# Using Benite on Interior doors and panels??



## Jacob (Dec 24, 2008)

I have a customer that is insisting on using Benite on all of his interior stain grade Birch panels and doors throughout his house I am just wondering if Benite actually makes any difference in the long run on the stained products. I have done samples on the wood and could not see any real difference in color or penetration. I guess I am wondering if anyone has any experience with this product.

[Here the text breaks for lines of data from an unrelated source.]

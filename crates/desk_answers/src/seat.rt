//! A seat at a desk: it asks for changes and looks, and marks how many deeds it has seen.
ghost use Rattle.std.specs.Prelude.{◌≡◌, [], length, true, IfOk};
ghost use Rattle.std.specs.Arc.{arc_value};
ghost use Rattle.sha2.specs.Sha256.{sha256};
ghost use Rattle.scan_model.specs.Words.{is_tag};
ghost use Rattle.diagnosis.specs.Designs.{view_report, texts_of};
ghost use Rattle.book.specs.Answers.{design_answer, log_answer, sign_answer, design_look, die_look, sign_look};
ghost use Rattle.book.specs.Changes.{IsViewIn, Looked};
ghost use Rattle.book.specs.Kinds.{design_deed, log_deed, sign_deed, text_behind};
ghost use Rattle.book.specs.LegalDeeds.{is_legal};
ghost use Rattle.desk_answers.specs.Seats.{SeatFacts, SeatChanged, Did, IsLogIn};

use book::{CheckedView, Design, DieView, LookFault, Put, PutFault, ReadLog, Sign};
use scan_model::{Digest, Name};
use std::sync::Arc;

/// A seat at a desk. It sees the desk's deeds up to its last call, others' among them. A change that it made is the last
/// deed that it then has seen.
pub trait SeatAt<R, D> {
    /// The deeds that it has seen, how many there may be, its number, and who was told that the keeper failed.
    ghost facts: { Self → D → SeatFacts };

    /// It is a seat of the desk.
    ghost belongs: { Self → D → Type 0 };

    /// The number of deeds that it has seen. These are legal.
    fn mark(&self, desk: &D) -> u64
        requires { belongs self.now desk.now }
        ensures number { result ≡ length (facts self.now desk.now).seen }
        ensures legal { is_legal (facts self.now desk.now).limit (facts self.now desk.now).seen ≡ true };

    /// Puts a design.
    fn put_design(&mut self, rt: &R, desk: &D, design: &Arc<Design>) -> Result<Put, PutFault>
        requires { belongs self.old desk.now }
        ensures stays { belongs self.new desk.now }
        ensures changed { let s = facts self.old desk.now in SeatChanged
            (λ deeds. design_answer s.limit deeds (arc_value design.now).name (arc_value design.now).text)
            (design_deed s.number (arc_value design.now)) result s (facts self.new desk.now) };

    /// Puts a log.
    fn put_log(&mut self, rt: &R, desk: &D, log: &Arc<ReadLog>) -> Result<Put, PutFault>
        requires belongs { belongs self.old desk.now }
        requires log { IsLogIn (facts self.old desk.now).seen (arc_value log.now) }
        ensures stays { belongs self.new desk.now }
        ensures changed { let s = facts self.old desk.now in SeatChanged
            (λ deeds. log_answer s.limit deeds (arc_value log.now).design (arc_value log.now).die (arc_value log.now).text)
            (log_deed s.number (arc_value log.now)) result s (facts self.new desk.now) };

    /// Signs the report that was checked.
    fn sign(
        &mut self,
        rt: &R,
        desk: &D,
        checked: &CheckedView,
        signer: &Name,
        digest: &Digest,
    ) -> Result<Put, PutFault>
        requires belongs { belongs self.old desk.now }
        requires view { IsViewIn (facts self.old desk.now).seen checked.now }
        requires signer { is_tag signer.now ≡ true }
        ensures stays { belongs self.new desk.now }
        ensures changed { let s = facts self.old desk.now in SeatChanged
            (λ deeds. sign_answer s.limit deeds checked.now.design.name checked.now.die (length checked.now.logs) (sha256 (view_report checked.now)) signer.now digest.now)
            (sign_deed s.number checked.now.design.name checked.now.die (record { revision = length checked.now.logs; signer = signer.now; digest = digest.now }))
            result s (facts self.new desk.now) };

    /// The design of that name.
    fn look_design(&mut self, rt: &R, desk: &D, name: &[u8]) -> Result<Arc<Design>, LookFault>
        requires { belongs self.old desk.now }
        ensures stays { belongs self.new desk.now }
        ensures did { Did [] 0 (facts self.old desk.now) (facts self.new desk.now) }
        ensures looked { Looked text_behind (design_look (facts self.new desk.now).seen name.now) result }
        ensures name { IfOk result (λ design. (arc_value design).name ≡ name.now) };

    /// The die with its first `revision` logs, or with all.
    fn look_die(
        &mut self,
        rt: &R,
        desk: &D,
        design: &[u8],
        die: &[u8],
        revision: Option<u64>,
    ) -> Result<DieView, LookFault>
        requires { belongs self.old desk.now }
        ensures stays { belongs self.new desk.now }
        ensures did { Did [] 0 (facts self.old desk.now) (facts self.new desk.now) }
        ensures looked { Looked (λ view. texts_of view.logs) (die_look (facts self.new desk.now).seen design.now die.now revision) result }
        ensures view { IfOk result (IsViewIn (facts self.new desk.now).seen) }
        ensures design { IfOk result (λ view. view.design.name ≡ design.now) }
        ensures die { IfOk result (λ view. view.die ≡ die.now) };

    /// A sign-off of the die, by its number from 1.
    fn look_sign(
        &mut self,
        rt: &R,
        desk: &D,
        design: &[u8],
        die: &[u8],
        number: u64,
    ) -> Result<Sign, LookFault>
        requires { belongs self.old desk.now }
        ensures stays { belongs self.new desk.now }
        ensures did { Did [] 0 (facts self.old desk.now) (facts self.new desk.now) }
        ensures looked { Looked (λ sign. sign) (sign_look (facts self.new desk.now).seen design.now die.now number) result };
}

Please help.


----------



## ProWallGuy (Apr 7, 2007)

I assume (thanks google!) that Benite is a wood conditioner?
I'm not sure if it will make a difference or not, but I would offer that you are opening up a can of worms if you allow the customer to spec your products and processes for the job. 

If this job is already bid and won, then make them sign a change order if it will change your scope of work or materials. 

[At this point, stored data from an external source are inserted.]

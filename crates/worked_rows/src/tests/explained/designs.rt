//! The designs c17 and s27, and an odd one of which no benchmark is like.
use super::super::designs::{C17, S27, S27_CHAIN};
use diagnosis::{Design, design_of};
use scan_model::Profile;
use std::alloc::Global;
use std::process::Abort;

/// The texts of a design, with patterns that come fourteen times, and two logs of a die of it, which agree in most of their
/// bits.
#[derive(Clone, Copy)]
pub(crate) struct Row {
    pub(crate) netlist: &'static [u8],
    pub(crate) scan: &'static [u8],
    pub(crate) patterns: &'static str,
    pub(crate) pairs: &'static [u8],
    pub(crate) logs: [&'static [u8]; 2],
}

pub(crate) const C17_DIE: Row = Row {
    netlist: C17,
    scan: b"",
    patterns: "CAPTURE 10110\nCAPTURE 01X01\nCAPTURE 00111\nCAPTURE 11011\nCAPTURE 0110X\n",
    pairs: b"net_a,net_b\n10,19\n11,10\n",
    logs: [
        b"FAILLOG 1\ndie D1\ndesign d\ntested 0 66\nfail 0 out 22\nfail 3 out 23\nfail 10 out 23\nfail 15 out 22\nfail 24 out 23\nfail 28 out 22\nfail 28 out 23\nfail 31 out 23\nfail 38 out 22\nfail 39 out 22\nfail 44 out 22\nfail 45 out 23\nfail 47 out 23\nfail 50 out 22\nfail 52 out 23\nfail 59 out 23\nfail 65 out 22\nfail 66 out 23\nend\n",
        b"FAILLOG 1\ndie D1\ndesign d\ntested 0 66\nfail 3 out 23\nfail 10 out 23\nfail 15 out 22\nfail 24 out 23\nfail 28 out 22\nfail 28 out 23\nfail 31 out 23\nfail 38 out 22\nfail 39 out 22\nfail 47 out 23\nfail 50 out 22\nfail 52 out 23\nfail 59 out 23\nfail 65 out 22\nfail 66 out 23\nend\n",
    ],
};

pub(crate) const S27_DIE: Row = Row {
    netlist: S27,
    scan: S27_CHAIN,
    patterns: "CAPTURE 0110 1X0\nSHIFT 101\nCAPTURE 1X01 011\nCAPTURE 0000 110\nSHIFT 0X1\n",
    pairs: b"net_a,net_b\nG14,G12\n",
    logs: [
        b"FAILLOG 1\ndie D1\ndesign d\ntested 0 66\nfail 3 cell c0 2\nfail 3 cell c0 1\nfail 3 cell c0 0\nfail 5 cell c0 0\nfail 8 out G17\nfail 10 cell c0 2\nfail 10 cell c0 1\nfail 10 cell c0 0\nfail 12 cell c0 0\nfail 14 cell c0 2\nfail 17 cell c0 2\nfail 17 cell c0 1\nfail 17 cell c0 0\nfail 20 cell c0 2\nfail 23 out G17\nfail 24 cell c0 2\nfail 24 cell c0 1\nfail 24 cell c0 0\nfail 31 cell c0 2\nfail 31 cell c0 1\nfail 31 cell c0 0\nfail 32 cell c0 0\nfail 37 cell c0 1\nfail 38 cell c0 2\nfail 38 cell c0 1\nfail 38 cell c0 0\nfail 45 cell c0 2\nfail 45 cell c0 1\nfail 45 cell c0 0\nfail 52 cell c0 1\nfail 57 cell c0 1\nfail 59 cell c0 2\nfail 59 cell c0 1\nfail 59 cell c0 0\nfail 62 out G17\nfail 62 cell c0 0\nfail 63 cell c0 0\nfail 66 cell c0 2\nfail 66 cell c0 1\nfail 66 cell c0 0\nend\n",
        b"FAILLOG 1\ndie D1\ndesign d\ntested 0 66\nfail 3 cell c0 2\nfail 3 cell c0 1\nfail 5 cell c0 0\nfail 8 out G17\nfail 10 cell c0 2\nfail 10 cell c0 1\nfail 10 cell c0 0\nfail 12 cell c0 0\nfail 14 cell c0 2\nfail 17 cell c0 2\nfail 17 cell c0 1\nfail 17 cell c0 0\nfail 20 cell c0 2\nfail 23 out G17\nfail 24 cell c0 2\nfail 24 cell c0 0\nfail 31 cell c0 2\nfail 31 cell c0 1\nfail 31 cell c0 0\nfail 32 cell c0 0\nfail 37 cell c0 1\nfail 38 cell c0 2\nfail 38 cell c0 1\nfail 38 cell c0 0\nfail 45 cell c0 1\nfail 45 cell c0 0\nfail 52 cell c0 1\nfail 59 cell c0 2\nfail 59 cell c0 1\nfail 59 cell c0 0\nfail 62 out G17\nfail 62 cell c0 0\nfail 63 cell c0 0\nfail 66 cell c0 2\nfail 66 cell c0 1\nfail 66 cell c0 0\nend\n",
    ],
};

// A gate that reads a net twice, and a flop in no chain.
pub(crate) const ODD_DIE: Row = Row {
    netlist: b"INPUT(a)\nOUTPUT(y)\nf = DFF(y)\ng = DFF(n)\nh = DFF(f)\nn = XOR(a, a)\nm = AND(f, h)\ny = OR(m, n)\n",
    scan: b"CHAIN c g h\n",
    patterns: "CAPTURE 1 0X\nSHIFT 10\nCAPTURE X 11\nCAPTURE 0 10\nSHIFT X1\n",
    pairs: b"",
    logs: [
        b"FAILLOG 1\ndie D1\ndesign d\ntested 0 66\nfail 3 out y\nfail 3 cell c 1\nfail 3 cell c 0\nfail 5 cell c 0\nfail 10 cell c 1\nfail 13 cell c 0\nfail 17 cell c 1\nfail 17 cell c 0\nfail 23 out y\nfail 23 cell c 0\nfail 24 cell c 1\nfail 24 cell c 0\nfail 31 cell c 1\nfail 31 cell c 0\nfail 38 cell c 1\nfail 38 cell c 0\nfail 43 cell c 0\nfail 45 cell c 1\nfail 45 cell c 0\nfail 51 cell c 1\nfail 52 cell c 1\nfail 52 cell c 0\nfail 59 cell c 1\nfail 59 cell c 0\nfail 66 cell c 1\nfail 66 cell c 0\nend\n",
        b"FAILLOG 1\ndie D1\ndesign d\ntested 0 66\nfail 3 out y\nfail 3 cell c 1\nfail 3 cell c 0\nfail 5 cell c 0\nfail 10 cell c 1\nfail 17 cell c 1\nfail 17 cell c 0\nfail 23 out y\nfail 23 cell c 0\nfail 24 cell c 1\nfail 31 cell c 1\nfail 31 cell c 0\nfail 38 cell c 1\nfail 38 cell c 0\nfail 43 cell c 0\nfail 45 cell c 0\nfail 51 cell c 1\nfail 52 cell c 1\nfail 52 cell c 0\nfail 59 cell c 1\nfail 59 cell c 0\nfail 66 cell c 1\nfail 66 cell c 0\nend\n",
    ],
};

/// The design d of a row, in profile 2.
pub(crate) fn design(rt: &impl Abort, alloc: Global, row: &Row) -> Design {
    let patterns = row.patterns.repeat(alloc, 14).expect(rt, "memory");
    let design = design_of(
        alloc,
        b"d",
        Profile::Two,
        row.netlist,
        row.scan,
        patterns.as_bytes(),
        row.pairs,
    )
    .expect(rt, "a design");
    drop(patterns);
    design
}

If it isn't already won, then show them your sample boards and allow them to see that the product wont make a difference. OR, just do as they ask and bid it for the time and materials they are requesting you use.

And there you go.


----------



## johnpaint (Sep 20, 2008)

Jacob said:


> I have a customer that is insisting on using Benite on all of his interior stain grade Birch panels and doors throughout his house I am just wondering if Benite actually makes any difference in the long run on the stained products. I have done samples on the wood and could not see any real difference in color or penetration. I guess I am wondering if anyone has any experience with this product. Please help.


Hey man don't worry about using this product at all. Imo it is well worth it.What it does is even out the stain so you won't have light and dark spots.It's usually used on soft to semi hard woods because they have areas that take stain more in some places than others but it won't hurt to use on birch.put some on your rag and wipe down all the wood the day before you stain.Once you use this product you will be using it again forsure.Also it goes a long way. Don't leave any buildup on the wood.


----------